### Task objective:
The full set of entries has to be output exactly.
(Dataset content)
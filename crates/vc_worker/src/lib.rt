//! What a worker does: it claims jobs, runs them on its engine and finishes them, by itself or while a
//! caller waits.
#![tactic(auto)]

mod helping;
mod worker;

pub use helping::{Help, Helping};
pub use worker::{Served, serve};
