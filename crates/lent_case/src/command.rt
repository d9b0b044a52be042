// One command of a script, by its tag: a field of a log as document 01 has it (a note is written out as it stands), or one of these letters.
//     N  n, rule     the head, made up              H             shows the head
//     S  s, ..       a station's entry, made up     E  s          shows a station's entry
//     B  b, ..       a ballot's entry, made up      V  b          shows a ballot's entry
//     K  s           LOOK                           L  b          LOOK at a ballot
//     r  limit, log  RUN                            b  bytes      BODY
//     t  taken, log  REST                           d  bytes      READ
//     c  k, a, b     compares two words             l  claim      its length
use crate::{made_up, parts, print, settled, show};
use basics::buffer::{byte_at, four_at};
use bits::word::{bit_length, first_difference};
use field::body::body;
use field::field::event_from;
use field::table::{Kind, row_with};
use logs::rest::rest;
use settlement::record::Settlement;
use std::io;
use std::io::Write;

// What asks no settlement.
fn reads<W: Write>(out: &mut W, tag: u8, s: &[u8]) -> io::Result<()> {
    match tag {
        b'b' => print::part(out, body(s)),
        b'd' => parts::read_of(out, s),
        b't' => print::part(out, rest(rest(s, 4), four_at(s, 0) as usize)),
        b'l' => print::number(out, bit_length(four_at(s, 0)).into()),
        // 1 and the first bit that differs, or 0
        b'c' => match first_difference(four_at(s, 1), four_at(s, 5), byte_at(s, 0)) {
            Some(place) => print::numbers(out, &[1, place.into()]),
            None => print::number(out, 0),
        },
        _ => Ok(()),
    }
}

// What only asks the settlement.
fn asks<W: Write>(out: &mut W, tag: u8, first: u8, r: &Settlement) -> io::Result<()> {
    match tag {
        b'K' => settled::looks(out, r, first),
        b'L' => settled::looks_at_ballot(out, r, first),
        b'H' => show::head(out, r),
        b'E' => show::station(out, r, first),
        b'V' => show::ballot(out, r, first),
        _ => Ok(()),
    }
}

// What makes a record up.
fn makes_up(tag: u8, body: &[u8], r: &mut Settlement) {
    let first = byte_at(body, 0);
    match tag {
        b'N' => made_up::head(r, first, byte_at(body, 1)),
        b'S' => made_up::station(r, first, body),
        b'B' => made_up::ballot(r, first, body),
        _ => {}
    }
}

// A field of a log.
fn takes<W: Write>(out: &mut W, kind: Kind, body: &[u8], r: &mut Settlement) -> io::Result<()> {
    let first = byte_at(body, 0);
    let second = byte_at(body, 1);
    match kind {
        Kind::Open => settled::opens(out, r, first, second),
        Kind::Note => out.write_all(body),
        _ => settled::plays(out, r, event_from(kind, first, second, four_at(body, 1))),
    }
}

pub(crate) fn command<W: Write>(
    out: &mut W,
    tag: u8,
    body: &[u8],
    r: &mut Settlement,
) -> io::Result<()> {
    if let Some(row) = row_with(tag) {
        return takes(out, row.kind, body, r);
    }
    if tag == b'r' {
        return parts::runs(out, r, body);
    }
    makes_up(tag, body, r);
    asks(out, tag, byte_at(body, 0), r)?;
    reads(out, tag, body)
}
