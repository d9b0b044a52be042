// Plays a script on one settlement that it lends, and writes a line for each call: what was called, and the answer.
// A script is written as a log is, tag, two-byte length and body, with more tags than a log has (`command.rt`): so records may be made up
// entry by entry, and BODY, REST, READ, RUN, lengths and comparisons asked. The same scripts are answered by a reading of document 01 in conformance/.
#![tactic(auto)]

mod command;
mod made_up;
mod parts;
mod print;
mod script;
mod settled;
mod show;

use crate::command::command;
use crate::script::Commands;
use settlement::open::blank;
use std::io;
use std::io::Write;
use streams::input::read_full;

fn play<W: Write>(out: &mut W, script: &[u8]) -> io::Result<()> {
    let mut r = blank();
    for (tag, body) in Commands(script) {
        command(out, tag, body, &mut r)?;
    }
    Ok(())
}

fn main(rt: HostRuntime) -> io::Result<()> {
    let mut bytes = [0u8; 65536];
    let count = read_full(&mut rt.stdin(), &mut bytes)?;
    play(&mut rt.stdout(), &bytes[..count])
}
(End Dataset content)
### Response to the exercise:
filename crates/vc_worker/src/lib.rt
//! What a worker does: it claims jobs, runs them on its engine and finishes them, by itself or while a
//! caller waits.
#![tactic(auto)]

mod helping;
mod worker;

pub use helping::{Help, Helping};
pub use worker::{Served, serve};
filename crates/lent_case/src/command.rt
repository d9b0b044a52be042
// One command of a script, by its tag: a field of a log as document 01 has it (a note is written out as it stands), or one of these letters.
//     N  n, rule     the head, made up              H             shows the head
//     S  s, ..       a station's entry, made up     E  s          shows a station's entry
//     B  b, ..       a ballot's entry, made up      V  b          shows a ballot's entry
//     K  s           LOOK                           L  b          LOOK at a ballot
//     r  limit, log  RUN                            b  bytes      BODY
//     t  taken, log  REST                           d  bytes      READ
//     c  k, a, b     compares two words             l  claim      its length
use crate::{made_up, parts, print, settled, show};
use basics::buffer::{byte_at, four_at};
use bits::word::{bit_length, first_difference};
use field::body::body;
use field::field::event_from;
use field::table::{Kind, row_with};
use logs::rest::rest;
use settlement::record::Settlement;
use std::io;
use std::io::Write;

// What asks no settlement.
fn reads<W: Write>(out: &mut W, tag: u8, s: &[u8]) -> io::Result<()> {
    match tag {
        b'b' => print::part(out, body(s)),
        b'd' => parts::read_of(out, s),
        b't' => print::part(out, rest(rest(s, 4), four_at(s, 0) as usize)),
        b'l' => print::number(out, bit_length(four_at(s, 0)).into()),
        // 1 and the first bit that differs, or 0
        b'c' => match first_difference(four_at(s, 1), four_at(s, 5), byte_at(s, 0)) {
            Some(place) => print::numbers(out, &[1, place.into()]),
            None => print::number(out, 0),
        },
        _ => Ok(()),
    }
}

// What only asks the settlement.
fn asks<W: Write>(out: &mut W, tag: u8, first: u8, r: &Settlement) -> io::Result<()> {
    match tag {
        b'K' => settled::looks(out, r, first),
        b'L' => settled::looks_at_ballot(out, r, first),
        b'H' => show::head(out, r),
        b'E' => show::station(out, r, first),
        b'V' => show::ballot(out, r, first),
        _ => Ok(()),
    }
}

// What makes a record up.
fn makes_up(tag: u8, body: &[u8], r: &mut Settlement) {
    let first = byte_at(body, 0);
    match tag {
        b'N' => made_up::head(r, first, byte_at(body, 1)),
        b'S' => made_up::station(r, first, body),
        b'B' => made_up::ballot(r, first, body),
        _ => {}
    }
}

// A field of a log.
fn takes<W: Write>(out: &mut W, kind: Kind, body: &[u8], r: &mut Settlement) -> io::Result<()> {
    let first = byte_at(body, 0);
    let second = byte_at(body, 1);
    match kind {
        Kind::Open => settled::opens(out, r, first, second),
        Kind::Note => out.write_all(body),
        _ => settled::plays(out, r, event_from(kind, first, second, four_at(body, 1))),
    }
}

pub(crate) fn command<W: Write>(
    out: &mut W,
    tag: u8,
    body: &[u8],
    r: &mut Settlement,
) -> io::Result<()> {
    if let Some(row) = row_with(tag) {
        return takes(out, row.kind, body, r);
    }
    if tag == b'r' {
        return parts::runs(out, r, body);
    }
    makes_up(tag, body, r);
    asks(out, tag, byte_at(body, 0), r)?;
    reads(out, tag, body)
}
repository d9b0b044a52be042
// Plays a script on one settlement that it lends, and writes a line for each call: what was called, and the answer.
// A script is written as a log is, tag, two-byte length and body, with more tags than a log has (`command.rt`): so records may be made up
// entry by entry, and BODY, REST, READ, RUN, lengths and comparisons asked. The same scripts are answered by a reading of document 01 in conformance/.
#![tactic(auto)]

mod command;
mod made_up;
mod parts;
mod print;
mod script;
mod settled;
mod show;

use crate::command::command;
use crate::script::Commands;
use settlement::open::blank;
use std::io;
use std::io::Write;
use streams::input::read_full;

fn play<W: Write>(out: &mut W, script: &[u8]) -> io::Result<()> {
    let mut r = blank();
    for (tag, body) in Commands(script) {
        command(out, tag, body, &mut r)?;
    }
    Ok(())
}

fn main(rt: HostRuntime) -> io::Result<()> {
    let mut bytes = [0u8; 65536];
    let count = read_full(&mut rt.stdin(), &mut bytes)?;
    play(&mut rt.stdout(), &bytes[..count])
}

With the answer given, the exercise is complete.